(Records contained in a dataset)
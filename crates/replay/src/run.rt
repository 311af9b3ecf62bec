// A run of a plan: a station that is driven through acts, and an observer that counts what it does.
ghost use Rattle.std.specs.Prelude.{◌≡◌, length, take, slice_get, ℕ, min, [], drop};
ghost use Rattle.records.specs.Rings.{kept_by};
ghost use Rattle.control.specs.Lines.{buffer_after};
ghost use Rattle.runlaw.specs.History.{History};
ghost use Rattle.replay.specs.Acts.{WordGiven, buffer_for, replied_in, extended};
ghost use Rattle.replay.specs.Played.{SecondPlayed, LinePlayed, RanThrough, ActPlayed, Played, PlayedThrough};
ghost use Rattle.runlaw.specs.Log.{Log, log};
ghost use Rattle.observer.specs.Totals.{observer_of, unless_taken, totals_of, refusals_in};
ghost use Rattle.station.specs.Station.{Looked, view_of};
ghost use Rattle.replay.specs.declared.act.Act.TheVariants.{Second as SecondOf, Line as LineOf, Reset as ResetOf};

use crate::act::{Act, LineAct, SecondAct};
use crate::answered::{Answered, Outcome, Reply, SecondOutcome};
use control::Refused;
use lamps::{Lamp, LampHead, LampWords};
use observer::{Observer, Totals};
use plan::Word;
use records::{AlarmRecord, PeriodRecord, Phase, Ring, TripCode};
use sheet::Sheet;
use station::{Field, Station, View};
use strategy::Strategy;

/// A station that is driven through acts, and an observer beside it that keeps the totals of the run
/// (docs/RULES.md, "Promises").
#[derive(Drop)]
pub struct Run<S, H> {
    station: Station<S, H>,
    observer: Observer,
}

// Fills a ring's place before a period record is put there.
const NO_PERIOD: PeriodRecord = PeriodRecord {
    number: 0,
    minute: 0,
    measure: None,
    cycle: 0,
    openings: 0,
};

// Fills a ring's place before an alarm record is put there.
const NO_ALARM: AlarmRecord = AlarmRecord {
    second: 0,
    code: TripCode::NotLit,
    lamp: Lamp::Red,
    phase: Phase::Standby,
};

// The lamp word that the station is given: the plan's number, or one that stands for the ordered colour's lamps.
fn word_given<S, H: LampWords>(station: &Station<S, H>, word: Word) -> u32
    ensures { WordGiven H.LampHead station.now.head word result }
{
    match word {
        Word::Lit => station.lit_word(),
        Word::Given(word) => word,
    }
}

// The oldest element that a ring keeps, if any. `list` is scratch space and needs at least one place.
fn oldest<T: Copy>(ring: &Ring<'_, T>, list: &mut [T]) -> Option<T>
    ensures { result ≡ slice_get (take (length list.old) (kept_by ring.now)) 0 }
{
    let kept = ring.copy_to(list, 0);
    list[..kept].first().copied()
}

// Plays a second, and returns its answer with the records that it put. The rings have one place each, since a second
// puts at most one record of a kind.
fn do_second<S: Strategy, H: LampWords>(
    station: &mut Station<S, H>,
    second: SecondAct<'_>,
) -> SecondOutcome
    ensures { SecondPlayed S.Strategy H.LampHead station.old second.entry station.new result }
{
    let word = word_given(station, second.word);
    let mut period = [NO_PERIOD];
    let mut alarm = [NO_ALARM];
    let mut periods = Ring::new(&mut period);
    let mut alarms = Ring::new(&mut alarm);
    let field = Field {
        presence: second.presence,
        queue_ms: second.queue_ms,
        word,
        lanes: second.lanes,
    };
    let answer = station.second(
        field,
        second.minute,
        second.calendar,
        &mut periods,
        &mut alarms,
    );
    SecondOutcome {
        word,
        answer,
        period: oldest(&periods, &mut [NO_PERIOD]),
        alarm: oldest(&alarms, &mut [NO_ALARM]),
    }
}

// Gives the station a command line with its answer buffer, and copies the reply.
fn say<S: Strategy, H: LampHead>(
    station: &mut Station<S, H>,
    text: &[u8],
    buffer: &mut [u8],
) -> Result<Reply, Refused>
    ensures played { LinePlayed S.Strategy H.LampHead station.old text.now buffer.old station.new buffer.new result }
    ensures bytes { buffer.new ≡ buffer_after (replied_in result) buffer.old }
{
    let bytes = station.line(text, buffer)?;
    Ok(Reply::of(buffer, bytes))
}

// Plays a command line, with an answer buffer of as many bytes as the plan asks for, at most 1,000.
fn do_line<S: Strategy, H: LampHead>(
    station: &mut Station<S, H>,
    line: LineAct<'_>,
) -> Result<Reply, Refused>
    ensures { LinePlayed S.Strategy H.LampHead station.old line.entry.text.now (buffer_for line.entry)
        station.new (buffer_after (replied_in result) (buffer_for line.entry)) result }
{
    let mut buffer = [0; 1_000];
    let room = line.room.min(1_000);
    say(station, line.text, &mut buffer[..room])
}

// The observer after a command line or a breaker reset, which counts one refusal more unless the act was taken.
fn counted_unless(taken: bool, observer: Observer) -> Observer
    ensures { (rs : Log) (k : ℕ) → observer ≡ observer_of rs k → result ≡ observer_of rs (unless_taken taken k) }
{
    if taken {
        observer
    } else {
        observer.after_refusal()
    }
}

impl<S: Strategy, H: LampWords> Run<S, H> {
    /// A run that has not begun: its station is fresh, and the totals are 0. The sheet is used up
    /// (docs/RULES.md, "Accepting a sheet").
    pub fn open(sheet: Sheet, strategy: S, head: H) -> Run<S, H>
        ensures sheet { result.station.sheet ≡ sheet }
        ensures begun { RanThrough S.Strategy H.LampHead result strategy [] }
    {
        Run {
            station: Station::open(sheet, strategy, head),
            observer: Observer::new(),
        }
    }

    // Plays a second.
    fn second(&mut self, second: SecondAct<'_>) -> Answered
        ensures { ActPlayed S.Strategy H.LampHead self.old (SecondOf second.entry) result self.new }
    {
        let outcome = do_second(&mut self.station, second);
        let view = self.station.look();
        self.observer = self.observer.after_second(
            view.colour,
            outcome.answer.phase,
            outcome.answer.trip.is_some(),
            second.presence,
        );
        Answered {
            outcome: Outcome::Second(outcome),
            view,
        }
    }

    // Plays a command line.
    fn line(&mut self, line: LineAct<'_>) -> Answered
        ensures { ActPlayed S.Strategy H.LampHead self.old (LineOf line.entry) result self.new }
    {
        let result = do_line(&mut self.station, line);
        let view = self.station.look();
        self.observer = counted_unless(result.is_ok(), self.observer);
        Answered {
            outcome: Outcome::Line(result),
            view,
        }
    }

    // Plays a breaker reset.
    fn reset(&mut self) -> Answered
        ensures { ActPlayed S.Strategy H.LampHead self.old ResetOf result self.new }
    {
        let result = self.station.reset();
        let view = self.station.look();
        self.observer = counted_unless(result.is_ok(), self.observer);
        Answered {
            outcome: Outcome::Reset(result),
            view,
        }
    }

    /// Plays one act. A refused act leaves the station as it was and adds 1 to the refusals of the totals
    /// (docs/RULES.md, "Refusals"). Every history that the run went through keeps the promises with this act
    /// (docs/RULES.md, "Promises").
    pub fn act(&mut self, act: Act<'_>) -> Answered
        ensures { ActPlayed S.Strategy H.LampHead self.old act.entry result self.new }
    {
        match act {
            Act::Second(second) => self.second(second),
            Act::Line(line) => self.line(line),
            Act::Reset => self.reset(),
        }
    }

    /// Plays acts in their order until the acts or the places for answers run out, and returns how many it played.
    /// Each answer stands in the place of its act.
    pub fn play(&mut self, acts: &[Act<'_>], answers: &mut [Answered]) -> usize
        ensures count { result ≡ min (length acts.now) (length answers.old) }
        ensures rest { drop result answers.new ≡ drop result answers.old }
        ensures sheet { self.new.station.sheet ≡ self.old.station.sheet }
        ensures played { Played S.Strategy H.LampHead self.old
            (take result acts.now) (take result answers.new) self.new }
        ensures goes_on { (s : S) (h : History) →
            RanThrough S.Strategy H.LampHead self.old s h →
            RanThrough S.Strategy H.LampHead self.new s
            (extended (take result acts.now) (take result answers.new) h) }
    {
        let count = acts.len().min(answers.len());
        // By index, since the prover knows nothing of what is written through `zip` over `iter_mut`.
        for i in 0..count {
            answers[i] = self.act(acts[i]);
        }
        count
    }

    /// What an observer sees of the station now. Every history that the run went through keeps the promises
    /// (docs/RULES.md, "Promises").
    pub fn look(&self) -> View
        ensures view { result ≡ view_of H.LampHead self.now.station }
        ensures looked { (s : S) (h : History) →
            RanThrough S.Strategy H.LampHead self.now s h →
            Looked S.Strategy H.LampHead self.now.station result s h }
    {
        self.station.look()
    }

    /// Opens a run on an accepted sheet, plays acts as `play` does, as many as have a place for their answer, and
    /// looks. Whatever the strategy, and whatever the head that gives lamp words, the promises hold over exactly these
    /// acts with these answers (docs/RULES.md, "Promises").
    pub fn played_through(
        sheet: Sheet,
        strategy: S,
        head: H,
        acts: &[Act<'_>],
        answers: &mut [Answered],
    ) -> (Run<S, H>, View)
        ensures sheet { result.0.station.sheet ≡ sheet }
        ensures rest { let n = min (length acts.now) (length answers.old) in
            drop n answers.new ≡ drop n answers.old }
        ensures played { let n = min (length acts.now) (length answers.old) in
            PlayedThrough S.Strategy H.LampHead sheet strategy
            (take n acts.now) (take n answers.new) result.0 }
        ensures view { result.1 ≡ view_of H.LampHead result.0.station }
        ensures ran { let n = min (length acts.now) (length answers.old) in
            RanThrough S.Strategy H.LampHead result.0 strategy
            (extended (take n acts.now) (take n answers.new) []) }
        ensures looked { let n = min (length acts.now) (length answers.old) in
            Looked S.Strategy H.LampHead result.0.station result.1 strategy
            (extended (take n acts.now) (take n answers.new) []) }
    {
        let mut run = Run::open(sheet, strategy, head);
        run.play(acts, answers);
        let view = run.look();
        (run, view)
    }

    /// The totals of the run so far, as the closing row of its log has them (docs/TRIAL.md, "The log").
    pub fn totals(&self) -> Totals
        ensures { (s : S) (h : History) →
            RanThrough S.Strategy H.LampHead self.now s h →
            result ≡ totals_of (log self.now.station.sheet S.Strategy s h) (refusals_in h) }
    {
        self.observer.totals()
    }
}
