// The rows that a plan has before its first act: sheet, strategy and head, once each, in any order.
ghost use Rattle.std.specs.Prelude.{◌≡◌, Some, None};
ghost use Rattle.replay.specs.Asked.{IsAsked, IsFreshBase, head_asked};
ghost use Rattle.replay.specs.Setup.{once_in, opening_of, slot_text, misplaced_text};

use lamps::{ChosenHead, CurrentHead, RelayHead};
use plan::{Base, HeadKind, Limits, StrategyRow};
use sheet::Sheet;
use std::fmt;
use strategy::{Alinea, BaseStrategy, ChosenStrategy, HourlyPlan, Limiter};

/// The rows read so far of those that a plan has once, before its first act (docs/TRIAL.md, "Order of rows").
#[derive(Debug, Drop)]
pub struct Setup {
    sheet: Option<Sheet>,
    strategy: Option<StrategyRow>,
    head: Option<HeadKind>,
}

/// Everything that the station of a plan is opened with (docs/TRIAL.md, "Order of rows").
#[derive(Debug, Drop)]
pub struct Opening {
    /// The accepted sheet; opening a station uses it up.
    pub sheet: Sheet,
    /// Which strategy to make, and the step limiters over it.
    pub strategy: StrategyRow,
    /// Which lamp head to make.
    pub head: HeadKind,
}

// The base strategy that a plan asks for, before it is told anything.
fn base_strategy(sheet: &Sheet, base: Base) -> BaseStrategy
    ensures { IsFreshBase sheet.now base result }
{
    match base {
        Base::Alinea => BaseStrategy::Alinea(Alinea::new(sheet)),
        Base::Hourly(cycles) => BaseStrategy::Hourly(HourlyPlan::new(cycles)),
    }
}

impl Opening {
    /// The strategy that the plan asks for, as it is before the first period (docs/RULES.md, "Strategies").
    pub fn new_strategy(&self) -> ChosenStrategy
        ensures { IsAsked self.now.sheet self.now.strategy result }
    {
        let base = base_strategy(&self.sheet, self.strategy.base);
        match self.strategy.limits {
            Limits::Unlimited => ChosenStrategy::Unlimited(base),
            Limits::Once(step) => ChosenStrategy::Once(Limiter::new(base, step)),
            Limits::Twice { outer, inner } => {
                ChosenStrategy::Twice(Limiter::new(Limiter::new(base, inner), outer))
            }
        }
    }

    /// The lamp head that the plan asks for, dark and not cut (docs/RULES.md, "Lamp heads").
    pub fn new_head(&self) -> ChosenHead
        ensures { result ≡ head_asked self.now.head }
    {
        match self.head {
            HeadKind::Relay => ChosenHead::Relay(RelayHead::new()),
            HeadKind::Current => ChosenHead::Current(CurrentHead::new()),
        }
    }
}

/// The kinds of rows that stand once, before the first act (docs/TRIAL.md, "Order of rows").
#[derive(Clone, Copy, Debug, PartialEq, Eq)]
pub enum Slot {
    /// The row of the 22 figures.
    Sheet,
    /// The row of the strategy.
    Strategy,
    /// The row of the lamp head.
    Head,
}

/// What is wrong with a row that stands in a wrong place (docs/TRIAL.md, "Malformed rows").
#[derive(Clone, Copy, Debug, PartialEq, Eq)]
pub enum Misplaced {
    /// The row is of this kind, and the plan has had one.
    Again(Slot),
    /// The row is an act, and no row of this kind stands before it.
    Lacking(Slot),
}

// Writes the word that rows of this kind begin with.
impl fmt::Display for Slot {
    ghost output = { λ x. Some (slot_text x) };

    fn fmt<W: fmt::Write>(&self, f: &mut fmt::Formatter<W>) -> fmt::Result {
        match self {
            Slot::Sheet => write!(f, "sheet"),
            Slot::Strategy => write!(f, "strategy"),
            Slot::Head => write!(f, "head"),
        }
    }
}

// Writes what is wrong with the row, and what was expected.
impl fmt::Display for Misplaced {
    ghost output = { λ x. Some (misplaced_text x) };

    fn fmt<W: fmt::Write>(&self, f: &mut fmt::Formatter<W>) -> fmt::Result {
        match self {
            Misplaced::Again(slot) => write!(
                f,
                "a second {slot} row: one before the first act was expected"
            ),
            Misplaced::Lacking(slot) => write!(
                f,
                "an act without a {slot} row before it: sheet, strategy and head were expected"
            ),
        }
    }
}

impl Setup {
    /// The setup of a plan of which nothing is read yet.
    pub fn new() -> Setup
        ensures { result ≡ record { sheet = None; strategy = None; head = None } }
    {
        Setup {
            sheet: None,
            strategy: None,
            head: None,
        }
    }

    /// An error if a row of this kind was read before. Call it before the row is kept: `set_sheet`, `set_strategy` and
    /// `set_head` replace what they find.
    pub fn expect(&self, slot: Slot) -> Result<(), Misplaced>
        ensures { result ≡ once_in self.now slot }
    {
        let read = match slot {
            Slot::Sheet => self.sheet.is_some(),
            Slot::Strategy => self.strategy.is_some(),
            Slot::Head => self.head.is_some(),
        };
        if read {
            Err(Misplaced::Again(slot))
        } else {
            Ok(())
        }
    }

    /// Keeps the sheet that was made from the plan's 22 figures.
    pub fn set_sheet(&mut self, sheet: Sheet)
        ensures { self.new ≡ record { sheet = Some sheet; strategy = self.old.strategy; head = self.old.head } }
    {
        self.sheet = Some(sheet);
    }

    /// Keeps the strategy that the plan asks for.
    pub fn set_strategy(&mut self, strategy: StrategyRow)
        ensures { self.new ≡ record { sheet = self.old.sheet; strategy = Some strategy; head = self.old.head } }
    {
        self.strategy = Some(strategy);
    }

    /// Keeps the lamp head that the plan asks for.
    pub fn set_head(&mut self, head: HeadKind)
        ensures { self.new ≡ record { sheet = self.old.sheet; strategy = self.old.strategy; head = Some head } }
    {
        self.head = Some(head);
    }

    /// What to open the station with, at the first act. If rows are lacking, the error tells the first of sheet,
    /// strategy and head.
    pub fn open(self) -> Result<Opening, Misplaced>
        ensures { result ≡ opening_of self }
    {
        let Setup {
            sheet,
            strategy,
            head,
        } = self;
        let sheet = sheet.ok_or(Misplaced::Lacking(Slot::Sheet))?;
        let strategy = strategy.ok_or(Misplaced::Lacking(Slot::Strategy))?;
        let head = head.ok_or(Misplaced::Lacking(Slot::Head))?;
        Ok(Opening {
            sheet,
            strategy,
            head,
        })
    }
}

Work item
Retrieve every line above holding the word "struct".

Answer
pub struct Run<S, H> {
pub struct Setup {
pub struct Opening {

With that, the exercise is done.